# White bindings



## Manicmouse (Apr 7, 2014)

This thread has potential.


----------



## ridinbend (Aug 2, 2012)

I hate the gopro look more than white bindings personally.


----------



## Snowster (Nov 26, 2013)

Once you go black you never go back...


----------



## SnowOwl (Jun 11, 2012)

Those mid summer posts though...


----------



## CassMT (Mar 14, 2013)

better than lime green or neon orange of some shit color


----------



## linvillegorge (Jul 6, 2009)

Meh, it's whatever to me. I generally go with black, but if white was cheaper or all that was a available that'd be fine too.


----------



## td.1000 (Mar 26, 2014)

CassMT said:


> better than lime green or neon orange of some shit color


heh, I ride two boards, one with lime green bindings and the other with orange bindings. oops! :laugh:


----------



## neni (Dec 24, 2012)

As long as it's not pink...


----------



## chomps1211 (Mar 30, 2011)

neni said:


> As long as it's not pink...


What about puce?


----------



## neni (Dec 24, 2012)

chomps1211 said:


> What about puce?


Brown?
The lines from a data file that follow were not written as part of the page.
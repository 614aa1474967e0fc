//! What the lines of a surface's block give.
ghost use Rattle.std.specs.Prelude.{◌+◌, ◌≤◌, [], length, IfOk, OnOk};
ghost use Rattle.smol_types.specs.Limits.{most_panels, most_species};
ghost use Rattle.smol_blocks.specs.declared.surface_statement.SurfaceStatement.TheVariants as statement;

use crate::action::action_in;
use crate::action_table::ActionTable;
use crate::panel_table::PanelTable;
use crate::surface_statement::SurfaceStatement;
use smol_line::{NameSet, Refusal};
use smol_text::StatedLine;
use std::alloc::{AllocError, Global};

/// What the lines of a surface's block so far give.
#[derive(Drop)]
pub struct SurfaceTable {
    pub panels: PanelTable,
    pub actions: ActionTable,
}

impl SurfaceTable {
    ghost use Rattle.smol_blocks.specs.Surface.{surface_line_in};
    ghost use Rattle.smol_blocks.specs.SurfaceTable.{Holds, IsReady, Reads, known_of};

    /// Nothing given, where there are this many species.
    pub fn new(alloc: Global, species: usize) -> Result<SurfaceTable, AllocError>
        ensures holds { IfOk result (λ table. Holds table []) }
        ensures ready { IfOk result (λ table. IsReady table species) }
    {
        Ok(SurfaceTable {
            panels: PanelTable::new(alloc),
            actions: ActionTable::new(alloc, species)?,
        })
    }

    fn read_action(
        &mut self,
        dims: u8,
        species: &NameSet,
        others: usize,
        line: &StatedLine<'_>,
    ) -> Result<(), Refusal>
        requires species { length species.now ≤ most_species }
        requires few { others + length self.old.panels.names ≤ most_panels }
        requires ready { IsReady self.old (length species.now) }
        ensures few { OnOk result (others + length self.new.panels.names ≤ most_panels) }
        ensures reads { Reads (surface_line_in statement.Action (known_of dims species.now others)) line.now self.old self.new result }
        ensures ready { OnOk result (IsReady self.new (length species.now)) }
    {
        let acting = action_in(species, line)?;
        self.actions.set(acting);
        Ok(())
    }

    fn read_panel(
        &mut self,
        alloc: Global,
        dims: u8,
        species: &NameSet,
        others: usize,
        line: &StatedLine<'_>,
    ) -> Result<(), Refusal>
        requires least { 1 ≤ dims }
        requires most { dims ≤ 3 }
        requires few { others + length self.old.panels.names ≤ most_panels }
        requires ready { IsReady self.old (length species.now) }
        ensures few { OnOk result (others + length self.new.panels.names ≤ most_panels) }
        ensures reads { Reads (surface_line_in statement.Panel (known_of dims species.now others)) line.now self.old self.new result }
        ensures ready { OnOk result (IsReady self.new (length species.now)) }
    {
        self.panels.read_panel(alloc, dims, others, line)
    }

    fn read_jump(
        &mut self,
        dims: u8,
        species: &NameSet,
        others: usize,
        line: &StatedLine<'_>,
    ) -> Result<(), Refusal>
        requires few { others + length self.old.panels.names ≤ most_panels }
        requires ready { IsReady self.old (length species.now) }
        ensures few { OnOk result (others + length self.new.panels.names ≤ most_panels) }
        ensures reads { Reads (surface_line_in statement.Jump (known_of dims species.now others)) line.now self.old self.new result }
        ensures ready { OnOk result (IsReady self.new (length species.now)) }
    {
        self.panels.read_jump(line)?;
        Ok(())
    }

    /// Reads a line of the block behind those read so far.
    pub fn read(
        &mut self,
        alloc: Global,
        statement: SurfaceStatement,
        dims: u8,
        species: &NameSet,
        others: usize,
        line: &StatedLine<'_>,
    ) -> Result<(), Refusal>
        requires least { 1 ≤ dims }
        requires most { dims ≤ 3 }
        requires species { length species.now ≤ most_species }
        requires few { others + length self.old.panels.names ≤ most_panels }
        requires ready { IsReady self.old (length species.now) }
        ensures few { OnOk result (others + length self.new.panels.names ≤ most_panels) }
        ensures reads { Reads (surface_line_in statement (known_of dims species.now others)) line.now self.old self.new result }
        ensures ready { OnOk result (IsReady self.new (length species.now)) }
    {
        match statement {
            SurfaceStatement::Action => self.read_action(dims, species, others, line),
            SurfaceStatement::Panel => self.read_panel(alloc, dims, species, others, line),
            SurfaceStatement::Jump => self.read_jump(dims, species, others, line),
        }
    }
}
Why not.
Brown n gold was quite "in" some years ago


----------



## Manicmouse (Apr 7, 2014)

I had silver Flow Teams


----------



## F1EA (Oct 25, 2013)

I actually like the all-white look. 

Here's me doing a rodeo 7 with a deep pow landing:



















...


----------



## chomps1211 (Mar 30, 2011)

F1EA said:


> I actually like the all-white look.
> 
> Here's me doing a rodeo 7 with a deep pow landing:
> 
> ...





...did you notice the Polar Bear in the background?


----------



## SnowDragon (Apr 23, 2012)

jacobrulz said:


> Does anyone else hate the look of white bindings?


Nope.

I hate black outerwear.
BOOOOOOORRRRIIIIIINNNNGGGGGG!!!!!!!


----------



## Lamps (Sep 3, 2011)

td.1000 said:


> heh, I ride two boards, one with lime green bindings and the other with orange bindings. oops! :laugh:


Switch one binding, make frankenboard.


----------



## Zolemite (Dec 13, 2012)

SnowOwl said:


> Those mid summer posts though...



Haha, lol. Good one


----------



## direride (Aug 6, 2013)

eh, binding color is irrelevant to me.


----------



## SnowOwl (Jun 11, 2012)

Zolemite said:


> Haha, lol. Good one


I came on here to post about something totally irrelevant as well then I saw this and I was saved


----------



## Ken2234 (Feb 15, 2013)

I prefer the Gay Rainbow colors on all my bindings


----------



## CassMT (Mar 14, 2013)

did you notice the color of TRice's bindings in the Art of Flight? 

exactly, WGAF


----------